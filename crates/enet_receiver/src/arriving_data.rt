//! A sequenced data command that comes.

ghost use Rattle.std.specs.Prelude.{◌≡◌, ◌+◌, ◌<◌, ◌^◌, ◌%◌, if◌then◌else◌, IfSome, IsTrue, length};
ghost use Rattle.std.specs.Option.{option_copied, option_map};
ghost use Rattle.enet_codec.specs.Message.{view};
ghost use Rattle.enet_fragment.specs.DataCommand.{data_of, piece_of, place_in_packet};
ghost use Rattle.enet_receiver.specs.ArrivingData.{data_command};
ghost use Rattle.enet_receiver.specs.DataOutcome.{own_place, is_piece, agrees_with, came, flags_of};

use enet_codec::{Command, Fragment, Head, RELIABLE, UNRELIABLE_FRAGMENT};
use enet_fragment::Place;
use enet_packets::IncomingPacket;
use enet_seq::after;

/// How many reliable numbers there are.
const NUMBERS: u32 = 65_536;

/// A sequenced data command that comes: a packet, or one piece of it.
#[derive(Clone, Copy)]
pub struct ArrivingData<'a> {
    /// Its channel, its reliable number, and whether it asks for an acknowledgement.
    pub head: Head,
    /// Whether it is dispatched in the order of the reliable numbers.
    pub reliable: bool,
    /// Its unreliable number, 0 for a reliable command; that of a fragment is its start number.
    pub unreliable: u16,
    /// Where it stands in its packet, if that comes in pieces.
    pub fragment: Option<Fragment>,
    /// Its payload.
    pub payload: &'a [u8],
}

impl<'a> ArrivingData<'a> {
    /// The sequenced data command that a command is, if it is one.
    pub fn of(command: &Command<'a>) -> Option<ArrivingData<'a>>
        ensures data { option_map data_command result ≡ data_of (view command.now) }
        ensures head { IfSome result (λ arriving. arriving.head ≡ (view command.now).head) }
    {
        match *command {
            Command::SendReliable { head, payload } => Some(ArrivingData {
                head,
                reliable: true,
                unreliable: 0,
                fragment: None,
                payload,
            }),
            Command::SendUnreliable {
                head,
                unreliable,
                payload,
            } => Some(ArrivingData {
                head,
                reliable: false,
                unreliable,
                fragment: None,
                payload,
            }),
            Command::SendFragment {
                head,
                fragment,
                payload,
            } => Some(ArrivingData {
                head,
                reliable: true,
                unreliable: 0,
                fragment: Some(fragment),
                payload,
            }),
            Command::SendUnreliableFragment {
                head,
                fragment,
                payload,
            } => Some(ArrivingData {
                head,
                reliable: false,
                unreliable: fragment.start,
                fragment: Some(fragment),
                payload,
            }),
            _ => None,
        }
    }

    /// The number of its packet's first piece.
    pub(crate) fn start(self) -> u16
        ensures { result ≡ (piece_of (data_command self.entry)).start }
    {
        match self.fragment {
            Some(fragment) => fragment.start,
            None => self.head.number,
        }
    }

    /// The number that names its packet, under which that is held or for which it waits, where it is inside the window.
    pub(crate) fn own_place(self) -> u16
        ensures { result ≡ own_place (data_command self.entry) }
    {
        if self.reliable {
            self.start()
        } else {
            self.head.number
        }
    }

    /// Which piece of its packet it is.
    pub(crate) fn piece(self) -> Fragment
        requires { length self.payload.now < 2 ^ 32 }
        ensures { result ≡ piece_of (data_command self.entry) }
    {
        match self.fragment {
            Some(fragment) => fragment,
            None => Fragment {
                start: self.head.number,
                count: 1,
                number: 0,
                total: self.payload.len() as u32,
                offset: 0,
            },
        }
    }

    /// The place of that piece.
    pub(crate) fn place(self) -> Place
        requires { length self.payload.now < 2 ^ 32 }
        ensures { result ≡ place_in_packet (data_command self.entry) }
    {
        let piece = self.piece();
        Place {
            number: piece.number,
            count: piece.count,
            total: piece.total,
            offset: piece.offset,
            len: self.payload.len(),
        }
    }

    /// Whether it can be a piece of a packet of at most `most` bytes, and has the number of that piece.
    pub(crate) fn is_piece(self, most: u32) -> bool
        ensures value { result ≡ is_piece most (data_command self.entry) }
        ensures short { IsTrue result → length self.entry.payload.now < 2 ^ 32 }
    {
        if self.payload.len() > most as usize {
            return false;
        }
        let piece = self.piece();
        self.place().is_sound()
            && piece.total <= most
            && (!self.reliable || self.head.number == own_number(piece))
    }

    /// Whether it agrees with the pieces of its packet that came.
    pub(crate) fn agrees_with(self, earlier: Option<&IncomingPacket>) -> bool
        requires { length self.payload.now < 2 ^ 32 }
        ensures { result ≡ agrees_with (option_copied earlier.entry) (data_command self.entry) }
    {
        match earlier {
            None => true,
            Some(coming) => self.fragment.is_none() || coming.making.belongs(self.place()),
        }
    }

    /// Whether its place is taken, or the piece came.
    pub(crate) fn came(self, earlier: Option<&IncomingPacket>) -> bool
        requires { length self.payload.now < 2 ^ 32 }
        ensures { result ≡ came (option_copied earlier.entry) (data_command self.entry) }
    {
        match earlier {
            None => false,
            Some(coming) => self.fragment.is_none() || coming.making.has(self.piece().number),
        }
    }

    /// The last unreliable number that was dispatched, once its packet is.
    pub(crate) fn last_unreliable(self) -> u16
        ensures { result ≡ (if self.entry.reliable then 0 else self.entry.unreliable) }
    {
        if self.reliable { 0 } else { self.unreliable }
    }

    /// The flags of its packet.
    pub(crate) fn flags(self) -> u8
        ensures { result ≡ flags_of (data_command self.entry) }
    {
        if self.reliable {
            return RELIABLE;
        }
        match self.fragment {
            Some(_) => UNRELIABLE_FRAGMENT,
            None => 0,
        }
    }
}

/// The reliable number of a piece.
fn own_number(piece: Fragment) -> u16
    ensures { result ≡ (piece.start + piece.number) % 65536 }
{
    after(piece.start, (piece.number % NUMBERS) as u16)
}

→ Directions
Type out the whole of the data again, exactly as shown.

→ Exercise result
filename crates/enet_receiver/src/arriving_data.rt
//! A sequenced data command that comes.

ghost use Rattle.std.specs.Prelude.{◌≡◌, ◌+◌, ◌<◌, ◌^◌, ◌%◌, if◌then◌else◌, IfSome, IsTrue, length};
ghost use Rattle.std.specs.Option.{option_copied, option_map};
ghost use Rattle.enet_codec.specs.Message.{view};
ghost use Rattle.enet_fragment.specs.DataCommand.{data_of, piece_of, place_in_packet};
ghost use Rattle.enet_receiver.specs.ArrivingData.{data_command};
ghost use Rattle.enet_receiver.specs.DataOutcome.{own_place, is_piece, agrees_with, came, flags_of};

use enet_codec::{Command, Fragment, Head, RELIABLE, UNRELIABLE_FRAGMENT};
use enet_fragment::Place;
use enet_packets::IncomingPacket;
use enet_seq::after;

/// How many reliable numbers there are.
const NUMBERS: u32 = 65_536;

/// A sequenced data command that comes: a packet, or one piece of it.
#[derive(Clone, Copy)]
pub struct ArrivingData<'a> {
    /// Its channel, its reliable number, and whether it asks for an acknowledgement.
    pub head: Head,
    /// Whether it is dispatched in the order of the reliable numbers.
    pub reliable: bool,
    /// Its unreliable number, 0 for a reliable command; that of a fragment is its start number.
    pub unreliable: u16,
    /// Where it stands in its packet, if that comes in pieces.
    pub fragment: Option<Fragment>,
    /// Its payload.
    pub payload: &'a [u8],
}

impl<'a> ArrivingData<'a> {
    /// The sequenced data command that a command is, if it is one.
    pub fn of(command: &Command<'a>) -> Option<ArrivingData<'a>>
        ensures data { option_map data_command result ≡ data_of (view command.now) }
        ensures head { IfSome result (λ arriving. arriving.head ≡ (view command.now).head) }
    {
        match *command {
            Command::SendReliable { head, payload } => Some(ArrivingData {
                head,
                reliable: true,
                unreliable: 0,
                fragment: None,
                payload,
            }),
            Command::SendUnreliable {
                head,
                unreliable,
                payload,
            } => Some(ArrivingData {
                head,
                reliable: false,
                unreliable,
                fragment: None,
                payload,
            }),
            Command::SendFragment {
                head,
                fragment,
                payload,
            } => Some(ArrivingData {
                head,
                reliable: true,
                unreliable: 0,
                fragment: Some(fragment),
                payload,
            }),
            Command::SendUnreliableFragment {
                head,
                fragment,
                payload,
            } => Some(ArrivingData {
                head,
                reliable: false,
                unreliable: fragment.start,
                fragment: Some(fragment),
                payload,
            }),
            _ => None,
        }
    }

    /// The number of its packet's first piece.
    pub(crate) fn start(self) -> u16
        ensures { result ≡ (piece_of (data_command self.entry)).start }
    {
        match self.fragment {
            Some(fragment) => fragment.start,
            None => self.head.number,
        }
    }

    /// The number that names its packet, under which that is held or for which it waits, where it is inside the window.
    pub(crate) fn own_place(self) -> u16
        ensures { result ≡ own_place (data_command self.entry) }
    {
        if self.reliable {
            self.start()
        } else {
            self.head.number
        }
    }

    /// Which piece of its packet it is.
    pub(crate) fn piece(self) -> Fragment
        requires { length self.payload.now < 2 ^ 32 }
        ensures { result ≡ piece_of (data_command self.entry) }
    {
        match self.fragment {
            Some(fragment) => fragment,
            None => Fragment {
                start: self.head.number,
                count: 1,
                number: 0,
                total: self.payload.len() as u32,
                offset: 0,
            },
        }
    }

    /// The place of that piece.
    pub(crate) fn place(self) -> Place
        requires { length self.payload.now < 2 ^ 32 }
        ensures { result ≡ place_in_packet (data_command self.entry) }
    {
        let piece = self.piece();
        Place {
            number: piece.number,
            count: piece.count,
            total: piece.total,
            offset: piece.offset,
            len: self.payload.len(),
        }
    }

    /// Whether it can be a piece of a packet of at most `most` bytes, and has the number of that piece.
    pub(crate) fn is_piece(self, most: u32) -> bool
        ensures value { result ≡ is_piece most (data_command self.entry) }
        ensures short { IsTrue result → length self.entry.payload.now < 2 ^ 32 }
    {
        if self.payload.len() > most as usize {
            return false;
        }
        let piece = self.piece();
        self.place().is_sound()
            && piece.total <= most
            && (!self.reliable || self.head.number == own_number(piece))
    }

    /// Whether it agrees with the pieces of its packet that came.
    pub(crate) fn agrees_with(self, earlier: Option<&IncomingPacket>) -> bool
        requires { length self.payload.now < 2 ^ 32 }
        ensures { result ≡ agrees_with (option_copied earlier.entry) (data_command self.entry) }
    {
        match earlier {
            None => true,
            Some(coming) => self.fragment.is_none() || coming.making.belongs(self.place()),
        }
    }

    /// Whether its place is taken, or the piece came.
    pub(crate) fn came(self, earlier: Option<&IncomingPacket>) -> bool
        requires { length self.payload.now < 2 ^ 32 }
        ensures { result ≡ came (option_copied earlier.entry) (data_command self.entry) }
    {
        match earlier {
            None => false,
            Some(coming) => self.fragment.is_none() || coming.making.has(self.piece().number),
        }
    }

    /// The last unreliable number that was dispatched, once its packet is.
    pub(crate) fn last_unreliable(self) -> u16
        ensures { result ≡ (if self.entry.reliable then 0 else self.entry.unreliable) }
    {
        if self.reliable { 0 } else { self.unreliable }
    }

    /// The flags of its packet.
    pub(crate) fn flags(self) -> u8
        ensures { result ≡ flags_of (data_command self.entry) }
    {
        if self.reliable {
            return RELIABLE;
        }
        match self.fragment {
            Some(_) => UNRELIABLE_FRAGMENT,
            None => 0,
        }
    }
}

/// The reliable number of a piece.
fn own_number(piece: Fragment) -> u16
    ensures { result ≡ (piece.start + piece.number) % 65536 }
{
    after(piece.start, (piece.number % NUMBERS) as u16)
}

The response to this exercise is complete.